More than £400 million is to be allocated to sustainability and transformation partnerships (STPs) to bolster provider digitisation, Digital Health News can reveal.
A prospectus for the £412.5 million Health System Led Investment (HSLI) programme was issued on 10 August to all STP leaders, along with a letter from NHS England’s national director of operations and information, Matthew Swindells.
Digital Health News has seen a copy of this letter and the associated prospectus.
They reveal that the half billion of funding promised to improve technology in hospitals – first mentioned by health secretary Matt Hancock last month – will not be subject to a bidding process.
Instead, a set amount will be allocated to each sustainability and transformation partnership (STP).
STPs will be required to develop local plans detailing on which digital projects the cash will be spent in each of the three years of the programme.
But while the plans must be developed by STPs, Digital Health News understands the funding will flow to specific provider organisations.
The prospectus states STPs should avoid a ‘fair share’ approach to allocating funds to providers, adding that there could be “challenging conversations and difficult decisions” ahead.
There are 44 sustainability and transformation partnerships – some of which have now involved into integrated care systems (ICSs) – and Digital Health News understand the funding allocation is on a capitated basis, meaning it reflects the number of citizens in each STP or ICS area.
The allocated money will be dished out in phases, with 25% given in 2018/19, another 25% given in 2019/20 and then the final 50% handed over in 2020/21.
At a national level, £104m is available in 2018/19, £92.4m in 2019/20 and £261.1m in 2020/21.
Projects will have to address one of six national priorities outlined in the prospectus:
- Deploying electronic patient record (EPR) solutions at scale across systems
- Extending system capacity management to improve hospital flow
- Improving system-wide staff rostering to reduce agency use and increase flexible working
- Improving the completeness of information available in non-acute settings with real time, coded data collection in community and mental health
- Improving ambulance and non-acute access to clinical information and support
- Sharing health and social care information
Potentially challenging timeframes
The documents reveal the money for each year “cannot be rolled over”, and that STPs have between 1 September and 5 October to submit their final investment proposals.
The documents offer assurances that the processing of these proposals will take no longer than four weeks. However, it is unclear how long it would then take for providers to get hold of the funds.
This means that there could potentially be a very short period of time in which organisations would be required to spend the cash for 2018/19.
While STPs will be required to match fund the national investment, a Frequently Asked Questions document, also seen by Digital Health News, states that “there are no constraints in terms of type or timescale” for this.

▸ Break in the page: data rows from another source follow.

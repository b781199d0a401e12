//! The plans of the present epoch, with how far their streams are: all, or one in a reply of its own.
ghost use Rattle.std.specs.Prelude.{◌≡◌, ◌∷◌, ◌++◌, OnOk, codes, length, min, true};
ghost use Rattle.std.specs.List.{flat_map, range_with_len};
ghost use Rattle.json.specs.Token.{key};
ghost use Rattle.sm_protocol.specs.State.{is_begun, stream_count, stream_id, stream_parts};
ghost use Rattle.sm_machine.specs.State.{state_of};
ghost use Rattle.sm_driver.specs.Driver.{record_of};
ghost use Rattle.smpland_state.specs.State.{TellsPlanState, number_now, plan_state, plan_state_member};
ghost use Rattle.smpland_state.specs.State.{plan_state_members, plan_word, stage_members, stream_members};
ghost use Rattle.smpland_state.specs.State.{stream_state, streams_state, plans_state, waits_members};

use crate::journal_state::JournalState;
use crate::messages::stream_count;
use sm_driver::Driver;
use sm_machine::Machine;
use sm_reservation::StreamId;
use smpland_lines::{Field, Writer, refuse, write_name, write_number, write_text};
use std::alloc::{AllocError, Global};

/// The number of instructions of a stream.
fn code_length(machine: &Machine, id: StreamId) -> u64
    requires { is_begun (state_of machine.now) id ≡ true }
    ensures { result ≡ length (stream_parts (state_of machine.now) id).code }
{
    let stream = &machine.plan(id.plan).streams()[id.stream as usize];
    stream.code.len() as u64
}

/// The number of the order or the publication that a stream stands before, if it stands before one.
fn number_now(driver: &Driver, id: StreamId) -> Option<u64>
    ensures { result ≡ number_now driver.now id }
{
    match driver.message(id) {
        Some(message) => Some(message.number()),
        None => None,
    }
}

/// Writes what a stream waits for: a signal, or the answer to a message.
fn write_waiting(
    writer: &mut Writer,
    signal: Option<u32>,
    number: Option<u64>,
) -> Result<(), AllocError>
    ensures { OnOk result (writer.new.tokens ≡ writer.old.tokens ++ waits_members signal number) }
{
    match (signal, number) {
        (Some(signal), _) => {
            write_text(writer, "is", "waiting")?;
            write_number(writer, "signal", u64::from(signal))?;
        }
        (None, Some(number)) => {
            write_text(writer, "is", "ordered")?;
            write_number(writer, "number", number)?;
        }
        (None, None) => {}
    }
    Ok(())
}

/// Writes whether a stream has ended, and otherwise what it waits for. A reopening has broken it off, if it had not
/// ended.
fn write_stage(
    opened: &JournalState,
    is_reopening: bool,
    writer: &mut Writer,
    id: StreamId,
) -> Result<(), AllocError>
    requires { is_begun (record_of opened.now.driver) id ≡ true }
    ensures { OnOk result (writer.new.tokens
        ≡ writer.old.tokens ++ stage_members opened.now.driver is_reopening id) }
{
    let machine = opened.driver.machine();
    if machine.is_done(id) {
        write_text(writer, "is", "done")
    } else if is_reopening {
        write_text(writer, "is", "broken_off")
    } else {
        let number = number_now(&opened.driver, id);
        write_waiting(writer, machine.blocked_on(id), number)
    }
}

/// Writes the members of a stream of a plan.
fn write_stream_members(
    opened: &JournalState,
    is_reopening: bool,
    writer: &mut Writer,
    id: StreamId,
) -> Result<(), AllocError>
    requires { is_begun (record_of opened.now.driver) id ≡ true }
    ensures { OnOk result (writer.new.tokens
        ≡ writer.old.tokens ++ stream_members opened.now.driver is_reopening id) }
{
    let machine = opened.driver.machine();
    write_number(writer, "at", machine.position(id) as u64)?;
    write_number(writer, "of", code_length(machine, id))?;
    write_stage(opened, is_reopening, writer, id)?;
    Ok(())
}

/// Writes a stream of a plan: where it is, and what it waits for.
fn write_stream(
    opened: &JournalState,
    is_reopening: bool,
    writer: &mut Writer,
    id: StreamId,
) -> Result<(), AllocError>
    requires { is_begun (record_of opened.now.driver) id ≡ true }
    ensures { OnOk result (writer.new.tokens
        ≡ writer.old.tokens ++ stream_state opened.now.driver is_reopening id) }
{
    writer.begin_object()?;
    write_stream_members(opened, is_reopening, writer, id)?;
    writer.end_object()?;
    Ok(())
}

/// Writes the streams of a plan.
fn write_each_stream(
    opened: &JournalState,
    is_reopening: bool,
    writer: &mut Writer,
    plan: u32,
) -> Result<(), AllocError>
    ensures { OnOk result (writer.new.tokens ≡ writer.old.tokens
        ++ flat_map (λ i. stream_state opened.now.driver is_reopening (stream_id plan i))
        (range_with_len 0 (stream_count (record_of opened.now.driver) plan))) }
{
    for stream in 0..stream_count(opened.driver.machine(), plan) {
        write_stream(opened, is_reopening, writer, StreamId { plan, stream })?;
    }
    Ok(())
}

/// Writes them, as a member.
fn write_streams(
    opened: &JournalState,
    is_reopening: bool,
    writer: &mut Writer,
    plan: u32,
) -> Result<(), AllocError>
    ensures { OnOk result (writer.new.tokens
        ≡ writer.old.tokens ++ streams_state opened.now.driver is_reopening plan) }
{
    writer.key("streams")?;
    writer.begin_array()?;
    write_each_stream(opened, is_reopening, writer, plan)?;
    writer.end_array()?;
    Ok(())
}

/// The word for whether a plan goes on.
fn plan_word(opened: &JournalState, is_reopening: bool, number: u32) -> &'static str
    ensures { result.now ≡ plan_word (record_of opened.now.driver) is_reopening number }
{
    if is_reopening {
        "broken_off"
    } else if opened.driver.machine().unfinished().contains(&number) {
        "running"
    } else {
        "ended"
    }
}

/// Writes the members of a plan of the present epoch.
fn write_plan_members(
    opened: &JournalState,
    is_reopening: bool,
    writer: &mut Writer,
    number: u32,
) -> Result<(), AllocError>
    ensures { OnOk result (writer.new.tokens ≡ writer.old.tokens ++ plan_state_members opened.now is_reopening number) }
{
    write_number(writer, "plan", u64::from(number))?;
    write_name(writer, "name", opened.plans.present_at(number as usize))?;
    write_text(writer, "is", plan_word(opened, is_reopening, number))?;
    write_streams(opened, is_reopening, writer, number)?;
    Ok(())
}

/// Writes a plan of the present epoch: its name, and how far its streams are.
fn write_plan(
    opened: &JournalState,
    is_reopening: bool,
    writer: &mut Writer,
    number: u32,
) -> Result<(), AllocError>
    ensures { OnOk result (writer.new.tokens ≡ writer.old.tokens ++ plan_state opened.now is_reopening number) }
{
    writer.begin_object()?;
    write_plan_members(opened, is_reopening, writer, number)?;
    writer.end_object()?;
    Ok(())
}

/// Writes all plans of the present epoch.
fn write_each_plan(
    opened: &JournalState,
    is_reopening: bool,
    writer: &mut Writer,
) -> Result<(), AllocError>
    ensures { OnOk result (writer.new.tokens ≡ writer.old.tokens ++ flat_map (plan_state opened.now is_reopening)
        (range_with_len 0 (min (length (record_of opened.now.driver).plans) 4294967295))) }
{
    for number in 0..opened.plan_count() {
        write_plan(opened, is_reopening, writer, number)?;
    }
    Ok(())
}

/// Writes them, as a member.
pub fn write_plans(
    opened: &JournalState,
    is_reopening: bool,
    writer: &mut Writer,
) -> Result<(), AllocError>
    ensures { OnOk result (writer.new.tokens ≡ writer.old.tokens ++ plans_state opened.now is_reopening) }
{
    writer.key("plans")?;
    writer.begin_array()?;
    write_each_plan(opened, is_reopening, writer)?;
    writer.end_array()?;
    Ok(())
}

/// Writes, as a member, a plan.
fn write_plan_member(
    opened: &JournalState,
    is_reopening: bool,
    writer: &mut Writer,
    number: u32,
) -> Result<(), AllocError>
    ensures { OnOk result (writer.new.tokens
        ≡ writer.old.tokens ++ (key (codes "plan") ∷ plan_state opened.now is_reopening number)) }
{
    writer.key("plan")?;
    write_plan(opened, is_reopening, writer, number)?;
    Ok(())
}

/// Writes, as a member of a reply, the state of a plan.
fn write_plan_state(
    opened: &JournalState,
    is_reopening: bool,
    writer: &mut Writer,
    number: u32,
) -> Result<(), AllocError>
    ensures { OnOk result (writer.new.tokens ≡ writer.old.tokens ++ plan_state_member opened.now is_reopening number) }
{
    writer.key("state")?;
    writer.begin_object()?;
    write_plan_member(opened, is_reopening, writer, number)?;
    writer.end_object()?;
    Ok(())
}

/// Writes, as a member of a reply, how far a plan of the present epoch is, or that there is none.
pub fn write_plan_of(
    opened: &JournalState,
    is_reopening: bool,
    alloc: Global,
    writer: &mut Writer,
    number: u32,
) -> Result<(), AllocError>
    ensures { OnOk result (TellsPlanState opened.now is_reopening number writer.old.tokens writer.new.tokens) }
{
    if u64::from(number) < opened.driver.machine().plan_count() {
        write_plan_state(opened, is_reopening, writer, number)
    } else {
        let plan = Field::Number("plan", u64::from(number));
        refuse(writer, alloc, "UnknownPlan", &[plan])
    }
}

It continues: “Local investment can be capital or revenue, and this can be in the same year as the national funding or a subsequent year.”
The document also states this local investment can be “cash or as an investment in kind – for example, releasing staff for training”.
Another question included in the document addresses whether the presence of a global digital exemplar (GDE) within an STP area impacted the funds allocated to it.
In response, NHS England said “such an approach was under consideration” but was ultimately not taken forward.
However, the prospectus reveals funding will not be awarded to projects attached to the GDE programme. There are currently 16 acute, three ambulance and seven mental health global digital exemplars.